This digest summarises the three Clustre Briefings held in Q1 2026, covering digital twin applications, the Expected Value (xV) methodology for innovation investment, and the evolving convergence of cyber and physical security threats.
Each session was hosted by Robert Baldock and featured specialist practitioners from Clustre’s curated partner ecosystem.
Digital Twins: Why do critical systems collapse under complexity?

| Date | 14 January 2026 |
| Speakers | Mohsen Ramezanpoor (Zühlke) | Malcolm Bridgeford (Aerogility) |
| Theme | Custom vs off-the-shelf digital twin deployments |
The session examined digital twins as a mature, deployable technology that enables organisations to anticipate the consequences of decisions, plan more effectively, and improve asset availability. The discussion contrasted two distinct approaches -custom-built solutions versus purpose-designed, off-the-shelf platforms.
Zühlke presented the NHS COVID-19 contact-tracing app as a case study in bespoke digital twin development. Built under extreme time pressure -six weeks to develop, six weeks to test -the app used Apple and Google’s Exposure Notification Framework to create anonymous digital representations of individuals, tracking potential exposures through rotating Bluetooth keys.
Key capabilities included live multi-source data collection, risk scoring across more than 1,000 scenarios, venue check-ins via QR code, and population-level analytics capable of forecasting infection rates two to three days ahead of laboratory results. The system enabled policy simulation and informed variant tracking but required 40–50% population adoption to achieve meaningful effectiveness.
Lessons learnt centred on the underestimated complexity of model design, the time required to build stakeholder trust in outputs, and the necessity of balancing rigid determinism (regulatory compliance) with contextual flexibility.
Malcolm Bridgeford presented Aerogility, an enterprise digital twin application developed over 15 years, built on agent-based systems.

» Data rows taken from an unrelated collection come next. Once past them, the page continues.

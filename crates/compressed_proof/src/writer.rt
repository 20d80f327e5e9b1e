//! Writing: numbers in letters, steps, and the whole text.

ghost use Rattle.std.specs.Prelude.{◌≡◌, ◌+◌, ◌<◌, ◌^◌, ◌++◌, ◌∷◌, length, flat_map, IfOk, OnOk};
ghost use Rattle.proof_model.specs.ProofCode.{digits, number_letters, step_letters, steps_letters, spelled};

use mm_base::{Bytes, List, Memory, Name};
use proof_model::{Code, Step, What};
use std::alloc::Global;

/// The leading digits of a number, each worth 1 to 5 in base 5.
fn push_digits(out: &mut Vec<u8>, value: u64) -> Result<(), Memory>
    ensures { OnOk result (out.new.items ≡ out.old.items ++ digits value value) }
{
    if value > 0 {
        push_digits(out, (value - 1) / 5)?;
        out.push(b'U' + ((value - 1) % 5) as u8)?;
    }
    Ok(())
}

fn push_number(out: &mut Vec<u8>, number: u64) -> Result<(), Memory>
    requires { 0 < number }
    ensures { OnOk result (out.new.items ≡ out.old.items ++ number_letters number) }
{
    push_digits(out, (number - 1) / 20)?;
    out.push(b'A' + ((number - 1) % 20) as u8)?;
    Ok(())
}

/// The one spelling of a number from 1: 1 to 20 are `A` to `T`, 21 is `UA`, 120 is `YT`, 121 is `UUA`.
pub fn letters(alloc: Global, n: u64) -> Result<Bytes, Memory>
    requires { 0 < n }
    ensures { IfOk result (λ text. text ≡ number_letters n) }
{
    let mut out = Vec::new(alloc);
    push_number(&mut out, n)?;
    Ok(List::from_vec(out))
}

/// The letters of a step.
fn push_step(out: &mut Vec<u8>, mandatory: u32, labels: u32, step: Step) -> Result<(), Memory>
    ensures { OnOk result (out.new.items ≡ out.old.items ++ step_letters mandatory labels step) }
{
    let (m, n) = (u64::from(mandatory), u64::from(labels));
    match step.what {
        What::Hyp(k) => push_number(out, u64::from(k) + 1)?,
        What::Listed(k) => push_number(out, m + u64::from(k) + 1)?,
        What::Again(k) => push_number(out, m + n + u64::from(k) + 1)?,
        What::Unknown => out.push(b'?')?,
    }
    if step.marked {
        out.push(b'Z')?;
    }
    Ok(())
}

/// The letters of the steps, in one run.
fn push_steps(out: &mut Vec<u8>, mandatory: u32, labels: u32, steps: &[Step]) -> Result<(), Memory>
    ensures { OnOk result (out.new.items ≡ out.old.items ++ steps_letters mandatory labels steps.now) }
{
    for step in steps {
        push_step(out, mandatory, labels, *step)?;
    }
    Ok(())
}

/// The labels, a space before each.
fn push_labels(out: &mut Vec<u8>, labels: &[Name]) -> Result<(), Memory>
    ensures { OnOk result (out.new.items ≡ out.old.items ++ flat_map (λ l. 32 ∷ l) labels.now) }
{
    for label in labels {
        out.push(b' ')?;
        out.extend_from_slice(label.as_slice())?;
    }
    Ok(())
}

/// The text of a code for so many mandatory hypotheses: `( labels ) LETTERS`, parted by single spaces. It is read back
/// as the code, by `decode_undoes_encode`, where each number is in range, no label stands twice or is a mandatory
/// hypothesis, and each label has bytes, none of white space, and is not `)`. It takes time in proportion to the text.
pub fn encode(alloc: Global, code: &Code, mandatory: u32) -> Result<Bytes, Memory>
    requires { length code.now.labels < 2 ^ 32 }
    ensures { IfOk result (λ text. text ≡ spelled mandatory code.now) }
{
    let labels = code.labels.as_slice();
    let steps = code.steps.as_slice();
    let mut out = Vec::new(alloc);
    out.push(b'(')?;
    push_labels(&mut out, labels)?;
    out.extend_from_slice(b" ) ")?;
    push_steps(&mut out, mandatory, labels.len() as u32, steps)?;
    Ok(List::from_vec(out))
}
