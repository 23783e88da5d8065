// Tries the conditions of the links into each event of a few small recordings and prints what they answer, a line an event.

#![tactic(auto)]

use layout::field;
use reading::graph;
use recording::{causes, links};
use std::io;

// The recordings, each with what it is: a line for the header and for each record.
const TRIES: [(&str, &[u8]); 7] = [
    (
        "a read of 1 from a write of 1",
        &[
            1, 2, 1, 1, 1, 2, 0, 0, //
            0, 2, 0, 0, 0, 1, 0, 0, //
            0, 1, 0, 0, 0, 1, 0, 1, //
            0, 1, 1, 0,
        ],
    ),
    (
        "a read of 2 from it",
        &[
            1, 2, 1, 1, 1, 2, 0, 0, //
            0, 2, 0, 0, 0, 1, 0, 0, //
            0, 1, 0, 0, 0, 2, 0, 1, //
            0, 1, 1, 0,
        ],
    ),
    (
        "a read of 1 with a data link behind the rf link",
        &[
            1, 2, 1, 2, 1, 2, 0, 0, //
            0, 2, 0, 0, 0, 1, 0, 0, //
            0, 1, 0, 0, 0, 1, 0, 1, //
            2, 1, 1, 0, //
            0, 4, 1, 0,
        ],
    ),
    (
        "and before it",
        &[
            1, 2, 1, 2, 1, 2, 0, 0, //
            0, 2, 0, 0, 0, 1, 0, 0, //
            0, 1, 0, 0, 0, 1, 0, 2, //
            0, 1, 1, 0, //
            1, 4, 1, 0,
        ],
    ),
    (
        "a write with a data link from the read before it",
        &[
            1, 3, 1, 1, 1, 3, 0, 0, //
            2, 1, 0, 0, 0, 0, 0, 0, //
            0, 2, 0, 0, 0, 1, 0, 1, //
            0, 1, 0, 0, 0, 0, 0, 0, //
            0, 4, 1, 0,
        ],
    ),
    (
        "and another from a read of another thread",
        &[
            1, 3, 1, 2, 1, 3, 0, 0, //
            2, 1, 0, 0, 0, 0, 0, 0, //
            0, 2, 0, 0, 0, 1, 0, 1, //
            0, 1, 0, 0, 0, 0, 0, 0, //
            2, 4, 1, 0, //
            0, 4, 3, 0,
        ],
    ),
    (
        "a read of 1 from two writes of 1",
        &[
            1, 3, 1, 2, 1, 2, 3, 0, //
            0, 2, 0, 0, 0, 1, 0, 0, //
            0, 1, 0, 0, 0, 1, 0, 1, //
            0, 2, 0, 0, 0, 1, 0, 0, //
            2, 1, 1, 0, //
            0, 1, 3, 0,
        ],
    ),
];

// Of each event: its number, whether each of the links into it is sound, and whether it also has one rf source.
fn show(rt: &impl Print, file: &[u8]) -> io::Result<()> {
    let Ok(()) = causes::header_refusal(file) else {
        return println!(rt; "refused");
    };
    let Ok(()) = causes::record_refusal(file) else {
        return println!(rt; "refused");
    };
    let po = graph::program_order(file);
    for b in 1..=field::events(file) {
        let each = links::each_sound(file, &po, b);
        let into = links::sound_into(file, &po, b);
        println!(rt; "{b} {each} {into}")?;
    }
    Ok(())
}

fn main(rt: HostRuntime) -> io::Result<()> {
    for (what, file) in TRIES {
        println!(rt; "{what}")?;
        show(&rt, file)?;
    }
    Ok(())
}
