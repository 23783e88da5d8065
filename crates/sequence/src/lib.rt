// Sequences: lists of at most N items, which lie in the value itself and are copied with it. (The kit's `ArrayVec` does not copy.)

#![tactic(auto)]

ghost use Rattle.std.specs.Prelude.{◌≡◌, ◌+◌, ◌≤◌, ◌<◌, [], ◌∷◌, ◌++◌, length, take, drop, reverse};
ghost use Rattle.sequence.specs.Items.{written};

use std::marker::Model;

// The first `count` of the cells.
#[derive(Clone, Copy)]
pub struct Sequence<T, const N: usize> {
    cells: [T; N],
    count: usize,
}

impl<T, const N: usize> Model for Sequence<T, N> {
    ghost use Rattle.std.specs.Prelude.{◌≡◌, ◌≤◌, ◌++◌, length, take, drop};
    ghost use Rattle.std.proofs.Common.{arith, take-append-drop, length-take-le};
    ghost use Rattle.sequence.specs.Items.{Items};

    ghost Value = { Items T };

    ghost view = { λ s. record { items = take s.count s.cells; spare = drop s.count s.cells } };

    ghost invariant = { λ s. (s.count ≤ N) × (length s.cells ≡ N) };

    ghost inverse = { λ s. record { cells = s.items ++ s.spare; count = length s.items } };

    ghost inverse_ok = { λ s h i. record {
      cells = take-append-drop s.count s.cells i;
      count = length-take-le s.count s.cells (omega (arith, h.0, h.1)) i;
    } };
}

impl<T: Default, const N: usize> Sequence<T, N> {
    // No item.
    pub fn new() -> Self
        ensures { result.items ≡ [] }
    {
        Sequence {
            cells: Default::default(),
            count: 0,
        }
    }
}

impl<T: Copy, const N: usize> Sequence<T, N> {
    // The first `count` of the cells.
    pub fn of(cells: [T; N], count: usize) -> Self
        requires { count ≤ N }
        ensures { result.items ≡ take count cells }
    {
        Sequence { cells, count }
    }

    // The number of items.
    pub fn len(&self) -> usize
        ensures value { result ≡ length self.now.items }
        ensures fits { result ≤ N }
    {
        self.as_slice().len()
    }

    // The items.
    pub fn as_slice(&self) -> &[T]
        ensures value { result.now ≡ self.now.items }
        ensures fits { length result.now ≤ N }
    {
        &self.cells[..self.count]
    }

    // Adds an item.
    pub fn push(&mut self, item: T)
        requires { length self.old.items < N }
        ensures items { self.new.items ≡ self.old.items ++ item ∷ [] }
        ensures len { length self.new.items ≡ length self.old.items + 1 }
    {
        let n = self.count;
        self.cells[n] = item;
        self.count = n + 1;
    }

    // Puts items in the cells from a place on, and takes the first `count` cells for the items.
    pub fn put(&mut self, at: usize, more: &[T], count: usize)
        requires { (at + length more.now ≤ N) × (count ≤ N) }
        ensures { self.new.items ≡ take count (written self.old at more.now) }
    {
        let cells = &mut self.cells[..];
        cells[at..at + more.len()].copy_from_slice(more);
        self.count = count;
    }

    // Adds items.
    pub fn extend_from_slice(&mut self, more: &[T])
        requires { length self.old.items + length more.now ≤ N }
        ensures items { self.new.items ≡ self.old.items ++ more.now }
        ensures len { length self.new.items ≡ length self.old.items + length more.now }
    {
        let n = self.count;
        self.put(n, more, n + more.len());
    }

    // Turns the order of the items.
    pub fn reverse(&mut self)
        ensures { self.new.items ≡ reverse self.old.items }
    {
        let n = self.count;
        self.cells[..n].reverse();
    }
}
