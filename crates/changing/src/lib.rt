// The calls of a card that change it, over any device: each as its plan says. Device and memory stay two parameters, as
// device and layout do in volume, whose functions take the one without the other.
#![tactic(auto)]

// Mounting a card.
pub mod mounting;
// Erasing, renaming and bringing back.
pub mod erasing;
// Wiping, and the end of wipes that were cut off.
pub mod wiping;

pub use erasing::{erase, rename, undelete};
pub use mounting::mount;
pub use wiping::{sweep, wipe};
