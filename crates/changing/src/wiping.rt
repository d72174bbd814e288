// Wiping, and the end of wipes that were cut off.
ghost use Rattle.std.specs.Prelude.{◌≤◌};
ghost use Rattle.device.specs.Calls.{Keeps, OfSound};
ghost use Rattle.plans.specs.Calls as calls;
ghost use Rattle.plans.specs.Plans.{for_entries, emptying};
ghost use Rattle.volume.specs.Directory.{OfSlot, Holds};
ghost use Rattle.volume.specs.Kept.{kept};
ghost use Rattle.volume.specs.Outcomes.{Performs, Plain};
ghost use Rattle.volume.specs.Performing.{Runs};

use device::{Fault, SectorDevice, zero_sector};
use entries::{Entry, EntryState};
use layout::Layout;
use naming::find_shut;
use refusals::Refusal;
use volume::{Memory, entry_in, turn_to, write_entry, zero_block};

// Zeros over the first sectors of a slot's block, and then the empty entry. Leaves its directory sector in the buffer.
fn empty_slot<D: SectorDevice>(
    device: &mut D,
    layout: &Layout,
    slot: u16,
    count: u8,
    sector: &mut [u8; 512],
) -> Result<(), Fault>
    ensures keeps { Keeps D.SectorDevice device.old device.new }
    ensures runs { OfSlot D.SectorDevice layout.now slot device.old device.new (λ t m m'. count ≤ 128 → Runs t layout.now for_entries m m' (emptying slot count) result) }
    ensures holds { OfSlot D.SectorDevice layout.now slot device.old device.new (λ t m m'. count ≤ 128 → Holds m' slot sector.new result) }
{
    zero_block(device, layout, slot, count)?;
    write_entry(device, slot, &Entry::held(0), sector)
}

// Wipes a job that is not open: its slot is held until all of its sectors are zeros, and is empty then.
pub fn wipe<D: SectorDevice>(device: &mut D, memory: &Memory, name: &[u8]) -> Result<(), Refusal>
    ensures keeps { Keeps D.SectorDevice device.old device.new }
    ensures performs { OfSound D.SectorDevice device.old device.new (λ t m m'. Performs t Plain (calls.wipe name.now) m m' (kept memory.now) (kept memory.now) result) }
{
    let job = find_shut(device, memory, name)?;
    let count = job.entry.sectors;
    let mut sector = zero_sector();
    write_entry(device, job.slot, &Entry::held(count), &mut sector)?;
    if count > 0 {
        let layout = Layout::of(memory.size);
        empty_slot(device, &layout, job.slot, count, &mut sector)?;
    }
    Ok(())
}

// Completes the wipes that were cut off, from the lowest slot up. The buffer holds a slot's directory sector on from its
// first slot, so each is read once but for the entries that are written into it.
pub fn sweep<D: SectorDevice>(device: &mut D, memory: &Memory) -> Result<(), Refusal>
    ensures keeps { Keeps D.SectorDevice device.old device.new }
    ensures performs { OfSound D.SectorDevice device.old device.new (λ t m m'. Performs t Plain calls.sweep m m' (kept memory.now) (kept memory.now) result) }
{
    let layout = Layout::of(memory.size);
    let mut sector = zero_sector();
    for slot in 0..layout.slots {
        turn_to(device, slot, &mut sector)?;
        let state = entry_in(&sector, slot).state(&layout, slot);
        if let EntryState::Held(count) = state {
            empty_slot(device, &layout, slot, count, &mut sector)?;
        }
    }
    Ok(())
}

Software agents represent assets, customers, resources, and skills; the platform sits atop existing systems of record (SAP, IFS, Maximo) and plays out scenarios over time to inform decision-makers rather than prescribe answers.
Two client relationships illustrated the platform’s depth. Rolls-Royce Defence (10+ years) uses Aerogility to plan multi-year bids, manage programme disruption, model carbon and environmental metrics, and extend coverage from aerospace into maritime work recognised with the Sir Frank Whittle Medal. EasyJet (9 years) has achieved an 8% improvement in its maintenance shield against an annual spend exceeding £100 million, with expanded use cases in fleet optimisation and procurement planning.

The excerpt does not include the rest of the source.